In another aspect, a calibration curve was invented to give the best fit of the coefficients a and b of the equation a+b(Log M) over the entire MWD for a set of calibration samples using the Solver function in Excel®. For example, the SEC MWD data of a particular sample was placed into two columns, one containing all the Log M values and the other, the respective dw/d log m values associated with a particular Log M value. In a third column, the values for the product of (a+b(Log M)) times dw/d log m values for each Log M value were placed. The summation of values from this latter column gives the calculated specific volume for the polymer (i.e. 1/ρ), the inverse of which is the polymer's predicted density. A single set of a and b values were determined and used in this third column so that the squared difference between the predicted or calculated density and the known density of this particular sample was minimized using the Excel® Solver program. If more than one sample is being considered, this process can be done simultaneously. For example, if two samples were used, a single set of a and b values would be determined by minimizing the squared difference between the predicted densities and the known densities of both samples using the Excel® Solver program. Furthermore, if 10 or more samples were used, a single set of a and b values would be determined by minimizing the squared difference between the predicted densities and the known densities of all 10 or more samples using the Excel® Solver program. As disclosed herein, the values for a and b were varied until the squared density residuals for all 10 or more samples are collectively minimized.

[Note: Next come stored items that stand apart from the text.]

//! A set of mutexes.

ghost use Rattle.std.specs.Prelude.{◌≡◌, ℕ, ◌<◌, ◌↔◌, ◌⊎◌, ◌≢◌, IsTrue};
ghost use Rattle.lockset_dom.specs.Members.{Holds, IsLockSet, Includes, no_locks, with_member, without_member, shared_members};

use std::marker::Model;

// Members are the numbers below this one.
const MEMBERS: u16 = 8;

/// A set of mutex numbers below 8, as the mutexes that a thread surely holds.
///
/// Contracts see it as a number with `2 ^ m` in its binary digits for each member `m`,
/// and the derived order is that of these numbers.
#[derive(Clone, Copy, Debug, PartialEq, Eq, PartialOrd, Ord, Hash)]
pub struct Locks {
    bits: u8,
}

impl Model for Locks {
    ghost Value = { ℕ };

    ghost view = { λ set. set.bits };

    ghost inverse = { λ n. record { bits = n } };
}

impl Locks {
    /// The set without members.
    pub fn empty() -> Locks
        ensures value { result ≡ no_locks }
        ensures members { (k : ℕ) → Holds result k → ⊥ }
    {
        Locks { bits: 0 }
    }

    /// The set with `m`, which is below 8, added.
    pub fn insert(self, m: u16) -> Locks
        requires { m < MEMBERS }
        ensures value { result ≡ with_member self m }
        ensures members { (k : ℕ) → Holds result k ↔ ((k ≡ m) ⊎ Holds self k) }
        ensures small { IsLockSet result }
    {
        Locks {
            bits: self.bits | 1 << m,
        }
    }

    /// The set with `m` taken out. A set that lacks `m` stays as it is.
    pub fn remove(self, m: u16) -> Locks
        ensures value { result ≡ without_member self m }
        ensures members { (k : ℕ) → Holds result k ↔ ((k ≢ m) × Holds self k) }
        ensures small { IsLockSet result }
    {
        if m < MEMBERS {
            Locks {
                bits: self.bits & !(1 << m),
            }
        } else {
            self
        }
    }

    /// The members that both sets have.
    pub fn meet(self, other: Locks) -> Locks
        ensures value { result ≡ shared_members self other }
        ensures members { (k : ℕ) → Holds result k ↔ (Holds self k × Holds other k) }
        ensures small { IsLockSet result }
    {
        Locks {
            bits: self.bits & other.bits,
        }
    }

    /// Whether `self` has each member of `other`: the more mutexes are surely held, the lower a
    /// set stands.
    pub fn le(self, other: Locks) -> bool
        ensures { IsTrue result ↔ Includes self other }
    {
        self.bits & other.bits == other.bits
    }

    /// Whether `m` is a member, which no number from 8 on is.
    pub fn contains(self, m: u16) -> bool
        ensures { IsTrue result ↔ Holds self m }
    {
        m < MEMBERS && self.bits >> m & 1 == 1
    }

    /// The set as a number with `2 ^ m` for each member `m`.
    pub fn bits(self) -> u8
        ensures value { result ≡ self }
        ensures small { IsLockSet self }
    {
        self.bits
    }
}
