//! Sets of held mutexes: sets of numbers below 8.
#![tactic(auto)]

mod locks;

pub use locks::Locks;
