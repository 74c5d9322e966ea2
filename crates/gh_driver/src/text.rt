//! The history text.

ghost use Rattle.std.specs.Prelude.{◌≡◌, ◌+◌, ◌<◌, ◌^◌, ◌++◌};
ghost use Rattle.std.specs.Prelude.{ℕ, OnOk, IfOk, IfSome, string_bytes, filter};
ghost use Rattle.std.specs.List.{flat_map, enumerate_from, list_any};
ghost use Rattle.gh_driver.specs.Mapped.{maps_page};
ghost use Rattle.gh_model.specs.Access.{access_at};
ghost use Rattle.gh_model.specs.Boot.{is_row_of};
ghost use Rattle.gh_model.specs.Small.{IsSmall};
ghost use Rattle.gh_model.specs.Text.{spaced, spaced_register, byte_text, entry_words, entry_line};
ghost use Rattle.gh_model.specs.Text.{look_words, held_words, end_words, bytes_words, reply_words};
ghost use Rattle.gh_model.specs.Text.{call_head, call_line, cpu_lines, units_line, run_line};
ghost use Rattle.gh_model.specs.Text.{ended_run, open_run, goes_on_with, runs_from, space_lines};
ghost use Rattle.gh_model.specs.Text.{entries_part, calls_part, state_part, is_partition_row};
ghost use Rattle.gh_model.specs.Text.{is_space_row, no_run, pages_from, history_text as text_of};

use crate::run::{Finished, cpus};
use gh_base::{Access, CpuNo, End, Held, Kind, Look, Mark, NoMemory, PageNo, Reply, Serial};
use gh_model::{CpuRow, Entry, MappingRow, ObjectRow, PageRun, State};
use std::alloc::Global;

/// The pages of an address space.
const PAGES: u16 = 4096;

/// A space and a number of one digit, which is the same in both bases; most numbers are such. None
/// for a greater number.
#[tactic(auto, using(std::proofs::lemmas::Fmt::decimal_digit, std::proofs::lemmas::Fmt::hex_one_digit))]
fn one_digit(n: u64) -> Option<&'static str>
    ensures decimal { IfSome result (λ text. text.now ≡ spaced n) }
    ensures hexadecimal { IfSome result (λ text. text.now ≡ spaced_register n) }
{
    match n {
        0 => Some(" 0"),
        1 => Some(" 1"),
        2 => Some(" 2"),
        3 => Some(" 3"),
        4 => Some(" 4"),
        5 => Some(" 5"),
        6 => Some(" 6"),
        7 => Some(" 7"),
        8 => Some(" 8"),
        9 => Some(" 9"),
        _ => None,
    }
}

fn put(out: &mut String, n: u64) -> Result<(), NoMemory>
    ensures { OnOk result (string_bytes out.new ≡ string_bytes out.old ++ spaced n) }
{
    match one_digit(n) {
        Some(text) => out.push_str(text)?,
        None => write!(out, " {n}")?,
    }
    Ok(())
}

fn put_register(out: &mut String, x: u64) -> Result<(), NoMemory>
    ensures { OnOk result (string_bytes out.new ≡ string_bytes out.old ++ spaced_register x) }
{
    match one_digit(x) {
        Some(text) => out.push_str(text)?,
        None => write!(out, " {x:x}")?,
    }
    Ok(())
}

#[tactic(auto, using(std::proofs::lemmas::Fmt::hex_byte))]
fn put_byte(out: &mut String, byte: u8) -> Result<(), NoMemory>
    ensures { OnOk result (string_bytes out.new ≡ string_bytes out.old ++ byte_text byte) }
{
    write!(out, "{byte:02x}")?;
    Ok(())
}

fn put_counters(out: &mut String, seen: &[u64]) -> Result<(), NoMemory>
    ensures { OnOk result
        (string_bytes out.new ≡ string_bytes out.old ++ flat_map spaced seen.now) }
{
    for counter in seen {
        put(out, *counter)?;
    }
    Ok(())
}

fn put_part(
    out: &mut String,
    cpu: CpuNo,
    number: u32,
    space: Serial,
    slot: u8,
) -> Result<(), NoMemory>
    ensures { OnOk result
        (string_bytes out.new
        ≡ string_bytes out.old ++ entry_words (Entry.Part cpu number space slot)) }
{
    out.push_str(" part")?;
    put(out, cpu.0 as u64)?;
    put(out, number as u64)?;
    put(out, space.0 as u64)?;
    put(out, slot as u64)
}

/// What an entry says behind its number.
fn put_entry(out: &mut String, entry: &Entry) -> Result<(), NoMemory>
    ensures { OnOk result (string_bytes out.new ≡ string_bytes out.old ++ entry_words entry.now) }
{
    match entry {
        Entry::Acted { cpu, number } => {
            out.push_str(" act")?;
            put(out, cpu.0 as u64)?;
            put(out, *number as u64)
        }
        Entry::Part {
            cpu,
            number,
            space,
            slot,
        } => put_part(out, *cpu, *number, *space, *slot),
        Entry::Retired { serial, seen } => {
            out.push_str(" retire")?;
            put(out, serial.0 as u64)?;
            put_counters(out, seen.as_slice())
        }
        Entry::Reclaimed { serial, seen } => {
            out.push_str(" reclaim")?;
            put(out, serial.0 as u64)?;
            put_counters(out, seen.as_slice())
        }
    }
}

In another aspect, methods, and equations were invented to determine the effect of SCB on density suppression beyond that which occurs with MW. If the density of a copolymer is calculated using the inventive techniques of the present invention, the copolymer structure must be considered because copolymers have SCB and polymers with more SCB have more crystallinity disruption and lower density. Therefore, a second equation was invented to allow for the suppression in homopolymer density with the incorporation of SCB. The data used comprised bulk SCB data (both NMR and FTIR) and SEC polydispersity values (Mw/Mn) for a variety of 1-hexene copolymer samples with various architectures. It follows that the difference between copolymer density and homopolymer density is due to branching and this can be used to calculate the copolymer density. This density change with SCB level was quantified by running tests on all types of polyethylene resins because the amount of difference induced at a particular SCB level varies with the MWD of the polymer. Resins made with metallocenes, Zeigler Natta and chrome catalysts and bimodal resins were tested. The relationship between the MWD normalized SCB term (i.e., SCB/PDIn) and density suppression beyond that which occurs with MW, was quantified by curve fitting the data with an equation so that one universal curve was used for resins of different MWD. The predicted results correlated well to the measured results (R2=0.9918) down to a SCB level of 0.1 SCB/1000 TC. The densities for a variety of polyethylene copolymers with densities ranging from 0.880 to 0.967 g/cm3 were accurately calculated to within an average value of ±0.002 g/cm3. The SCBD slopes in resins tested did not appear to influence the calculated density change as calculated to within three significant figures.
In another aspect, the accuracy of the algorithms used for the inventive methods were tested. To demonstrate the accuracy of the calculated or virtual density, the ASTM measured density values of the resins were compared to the calculated values and a goodness of fit plot was used. However, any method to show statistic discrepancy can be used, such as standard deviation, fit, or R squared determination.
In another aspect, MWD and SCBD data acquired from SEC-FTIR were also used to estimate the whole polymer density through the use of peak fitting techniques and the inventive equations. Virtual density results can be obtained using this approach even for complex MWD and SCBD profiles such as bimodal and multimodal systems.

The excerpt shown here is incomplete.